As the economy continues to recover, many companies are seeking ways to streamline efficiency without spending a fortune. One area of efficiency that has seen a significant boost recently is low cost computing.
Currently, the UK-based Raspberry PI Foundation is getting ready to release what is being hailed as the $35 computer. Unlike many past attempts at sub-$100 PCs, this PC can run Ubuntu, stream 1080i video and provide connectivity video output to PC monitors and TVs of all types. The Raspberry PI seems like it might be like a super-low cost thin client, when in reality it's a fully functional standalone PC.
Now, as exciting as it is to have access to computers that range from $25 for 128MB to $35 for the full 256 MB unit, there are some concerns that need to be addressed. And one of these concerns is whether you’ll be able to readily buy one of these computers.
In order for super-cheap computing to take off, it would help to have more than one group selling a reliable product. Thankfully, this appears to be on the horizon, even if it's not always at a $35 price point.
For example, the CuBox may cost more at $135, but it offers the end user more out of the box. First, you can pre-order yours now instead of waiting for the Raspberry PI to offer pre-ordering themselves. Secondly, you can get more RAM for your unit with a rock solid 1GB vs the 128-256MB seen with the Raspberry PI.
The more expensive CuBox will be the more likely candidate for developers looking to get their hands on a low cost PC than the Raspberry PI. Why is this? Because the Raspberry PI is (mostly) going to be offered to non-profit organizations while the CuBox will be available on a first come first served basis.
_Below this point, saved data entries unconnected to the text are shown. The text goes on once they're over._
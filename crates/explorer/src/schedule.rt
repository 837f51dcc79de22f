//! The schedule with which a script plays a history.

ghost use Rattle.std.specs.Prelude.{◌≡◌, ◌<◌, ◌+◌, ◌^◌, OnOk, IfOk, option_map, reverse};
ghost use Rattle.hist_model.specs.ScriptRules.{steps_of};
ghost use Rattle.delay_bounded.specs.Schedules.{is_same, with_one};
ghost use Rattle.explorer.specs.Schedules.{is_scheduled};
ghost use Rattle.explorer.specs.Tallies.{playing};

use hist_model::event::Actor;
use hist_model::history::History;
use hist_model::script::Step;
use std::alloc::Global;
use sys_abi::memory::NoMemory;

/// The most steps that a script may schedule.
const MOST_STEPS: u32 = 200_000;

/// Whether the two are one task, or one worker.
fn is_same(one: &Actor, other: &Actor) -> bool
    ensures { result ≡ is_same one.now other.now }
{
    match (one, other) {
        (Actor::Task(one), Actor::Task(other)) => one == other,
        (Actor::Worker(one), Actor::Worker(other)) => one == other,
        _ => false,
    }
}

/// Whether the actor is a task or a worker: these alone are scheduled.
fn is_scheduled(who: &Actor) -> bool
    ensures { result ≡ is_scheduled who.now }
{
    matches!(who, Actor::Task(_) | Actor::Worker(_))
}

/// A copy of an actor.
fn copied(alloc: Global, who: &Actor) -> Result<Actor, NoMemory>
    ensures { IfOk result (λ copy. copy ≡ who.now) }
{
    match who {
        Actor::Start => Ok(Actor::Start),
        Actor::Task(name) => Ok(Actor::Task(name.copied(alloc)?)),
        Actor::Worker(number) => Ok(Actor::Worker(*number)),
        Actor::Listener => Ok(Actor::Listener),
    }
}

/// Adds a step of an actor to the lines of a schedule.
fn push_step(alloc: Global, lines: &mut Vec<Step>, who: &Actor) -> Result<(), NoMemory>
    requires { steps_of lines.old.items + 1 < 2 ^ 32 }
    ensures { OnOk result (reverse lines.new.items ≡ with_one who.now (reverse lines.old.items)) }
{
    let len = lines.len();
    if len > 0 && is_same(&lines[len - 1].who, who) {
        lines[len - 1].count += 1;
    } else {
        let who = copied(alloc, who)?;
        lines.push(Step { who, count: 1 })?;
    }
    Ok(())
}

/// The schedule of a history, the oldest line first; none where a script can't schedule so many steps.
pub(crate) fn schedule_of(alloc: Global, history: &History) -> Result<Option<Vec<Step>>, NoMemory>
    ensures { IfOk result (λ schedule. option_map (λ steps. steps.items) schedule ≡ playing history.now.events) }
{
    let events = history.events();
    let mut lines = Vec::new(alloc);
    let mut steps = 0;
    for place in 0..events.len() {
        let who = &events[place].who;
        if is_scheduled(who) {
            if steps == MOST_STEPS {
                return Ok(None);
            }
            push_step(alloc, &mut lines, who)?;
            steps += 1;
        }
    }
    Ok(Some(lines))
}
The big question that remains in my mind: who will end up being the buyer for these low cost PCs? The CuBox is marketed as a development platform, while the Raspberry PI is designed to meet the computing needs of schools and other non-profits. In either case, I don't expect to see low cost computers making their way into big box stores anytime soon.
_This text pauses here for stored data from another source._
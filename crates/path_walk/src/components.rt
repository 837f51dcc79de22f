//! The components of a path, one after the other.

ghost use Rattle.std.specs.Prelude.{◌≡◌, ◌<◌, ◌≤◌, ◌∷◌, [], length, IfSome, IfNone};
ghost use Rattle.hist_model.specs.Paths.{components, none_left};
ghost use Rattle.path_walk.specs.Components.{leading_slashes, name_length};

/// How many slashes a path begins with.
#[tactic(auto, using(crate::proofs::Splits::slashes_within))]
fn leading_slashes(path: &[u8]) -> usize
    ensures count { result ≡ leading_slashes path.now }
    ensures within { result ≤ length path.now }
{
    for i in 0..path.len() {
        if path[i] != b'/' {
            return i;
        }
    }
    path.len()
}

/// How many bytes stand before the first slash.
#[tactic(auto, using(crate::proofs::Splits::name_within))]
fn name_length(path: &[u8]) -> usize
    ensures count { result ≡ name_length path.now }
    ensures within { result ≤ length path.now }
{
    for i in 0..path.len() {
        if path[i] == b'/' {
            return i;
        }
    }
    path.len()
}

/// The path without the slashes that it begins with.
#[tactic(auto, using(std::proofs::lemmas::List::take_rest, crate::proofs::Splits::components_skip, crate::proofs::Splits::slashes_skip))]
fn trimmed(path: &[u8]) -> &[u8]
    ensures same { components result.now ≡ components path.now }
    ensures begins { leading_slashes result.now ≡ 0 }
    ensures shorter { length result.now ≤ length path.now }
{
    &path[leading_slashes(path)..]
}

/// The first component of a path, and what is left of the path after it.
pub fn next_component(path: &[u8]) -> Option<(&[u8], &[u8])>
    ensures none { IfNone result (components path.now ≡ []) }
    ensures some { IfSome result (λ p. components path.now ≡ p.0.now ∷ components p.1.now) }
    ensures shorter { IfSome result (λ p. length p.1.now < length path.now) }
{
    let path = trimmed(path);
    if path.is_empty() {
        return None;
    }
    let end = name_length(path);
    Some((&path[..end], &path[end..]))
}

/// Whether a path has no component.
pub fn has_none(path: &[u8]) -> bool
    ensures { result ≡ none_left (components path.now) }
{
    next_component(path).is_none()
}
Access to distributed computing
The concept behind distributed computing isn't anything new. Giving away CPU cycles has been a big thing among computer enthusiasts for years with programs such as SETI@home, in addition to other distributed computing concepts.
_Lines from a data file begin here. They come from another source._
//! The walks of a script, one after another.

ghost use Rattle.std.specs.Prelude.{◌≡◌, ◌≤◌, ℕ, List, IfOk};
ghost use Rattle.hist_model.specs.declared.policy.Policy.{Policy as PolicyValue};
ghost use Rattle.hist_model.specs.declared.script.Script.{Script as ScriptValue};
ghost use Rattle.delay_bounded.specs.Explored.{Walk, walks_of};
ghost use Rattle.explorer.specs.Frames.{left_from};
ghost use Rattle.explorer.specs.Runs.{script_in};
ghost use Rattle.explorer.specs.Walking.{EndsWalk, HasCome};

use crate::frames::Frame;
use crate::run::Run;
use crate::walk::{Next, next_walk, walk_on};
use hist_model::history::History;
use hist_model::policy::Policy;
use hist_model::script::Script;
use std::alloc::Global;
use sys_abi::memory::NoMemory;

/// The walks that are left: where the next one begins, with the turns that lead there.
#[derive(Drop)]
pub(crate) struct Walker {
    next: Next,
    frames: Vec<Frame>,
}

/// The end of the next walk, or of all.
#[derive(Drop)]
pub(crate) enum Walked {
    Ended {
        /// How many delays the walk has left.
        left: u64,
        history: History,
        /// The places of the effects that a later one took from sight.
        hidden: Vec<usize>,
        /// The walks that are left.
        rest: Walker,
    },
    All(Script),
}

/// Goes on to the end of the walk, which gives its history, the places of the effects in it that are out of sight, and the script.
fn walk_out(
    alloc: Global,
    policy: &Policy,
    workers: u8,
    mut run: Run,
    frames: &mut Vec<Frame>,
    left: u64,
) -> Result<(Script, History, Vec<usize>), NoMemory>
    requires workers { workers ≤ 15 }
    requires come { HasCome policy.now (script_in run) workers frames.old.items run }
    ensures { IfOk result (λ ended. EndsWalk policy.now (script_in run) workers (left_from policy.now (script_in run) workers frames.old.items left) left frames.new.items ended.0 ended.1.events ended.2.items) }
{
    walk_on(alloc, policy, workers, &mut run, frames, left)?;
    run.has_few_events();
    let hidden = run.hidden(alloc)?;
    let (script, history) = run.closed()?;
    Ok((script, history, hidden))
}

impl Walker {
    ghost use Rattle.explorer.specs.Walking.{GoesThrough, IsGoing, WalksNext, script_of};

    /// All walks of a script with so many delays at most.
    pub(crate) fn begin(alloc: Global, script: Script, delays: u64) -> Result<Walker, NoMemory>
        ensures { IfOk result (λ walker. (P : PolicyValue) (W : ℕ) → GoesThrough P script W (walks_of P script W delays) walker) }
    {
        let run = Run::begin(alloc, script)?;
        Ok(Walker {
            next: Next::Walks { run, left: delays },
            frames: Vec::new(alloc),
        })
    }

    /// The end of the next walk, and those that are left behind it.
    pub(crate) fn next(
        self,
        alloc: Global,
        policy: &Policy,
        workers: u8,
    ) -> Result<Walked, NoMemory>
        requires workers { workers ≤ 15 }
        requires going { IsGoing policy.now workers self }
        ensures { IfOk result (λ walked. (S : ScriptValue) (walks : List Walk) → GoesThrough policy.now S workers walks self → WalksNext policy.now S workers walks walked) }
    {
        let Walker { next, mut frames } = self;
        match next {
            Next::Over(script) => Ok(Walked::All(script)),
            Next::Walks { run, left } => {
                let (script, history, hidden) = walk_out(
                    alloc,
                    policy,
                    workers,
                    run,
                    &mut frames,
                    left,
                )?;
                let next = next_walk(alloc, policy, workers, script, &mut frames)?;
                Ok(Walked::Ended {
                    left,
                    history,
                    hidden,
                    rest: Walker { next, frames },
                })
            }
        }
    }

    /// The script.
    pub(crate) fn into_script(self) -> Result<Script, NoMemory>
        ensures { IfOk result (λ script. script ≡ script_of self) }
    {
        let Walker {
            next,
            frames: _frames,
        } = self;
        match next {
            Next::Over(script) => Ok(script),
            Next::Walks { run, left: _left } => {
                let (script, _history) = run.closed()?;
                Ok(script)
            }
        }
    }
}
But it's really not worthwhile for anyone to participate in if it means running a full-sized PC 24/7. Plus, it also means that you won’t be able to run a distributed computing network in-house since it would require a ton of additional resources.
This means that if you have a few rooms full of these sub-100 dollar PCs running distributed computing software with a common goal in mind, private companies would able to create their own virtual supercomputers on the cheap.
Even better, there's no need for soliciting assistance from the outside world such as we've seen from other distributed computing projects. So any large distributed computing projects that a company would rather keep in-house would definitely be workable.
How much computer do we need?
Over the years, I've seen many people fall victim to the “newer is better” PC marketing nonsense put forth by many PC manufacturers. And while it's important for some intensive tasks to have access to the best resources possible, not every computer out there needs 4 Gbs of RAM with the latest processor.
Depending on the duties assigned to the workstation in question, it's entirely possible that a lower powered, low cost PC might be a great match for most common computing needs.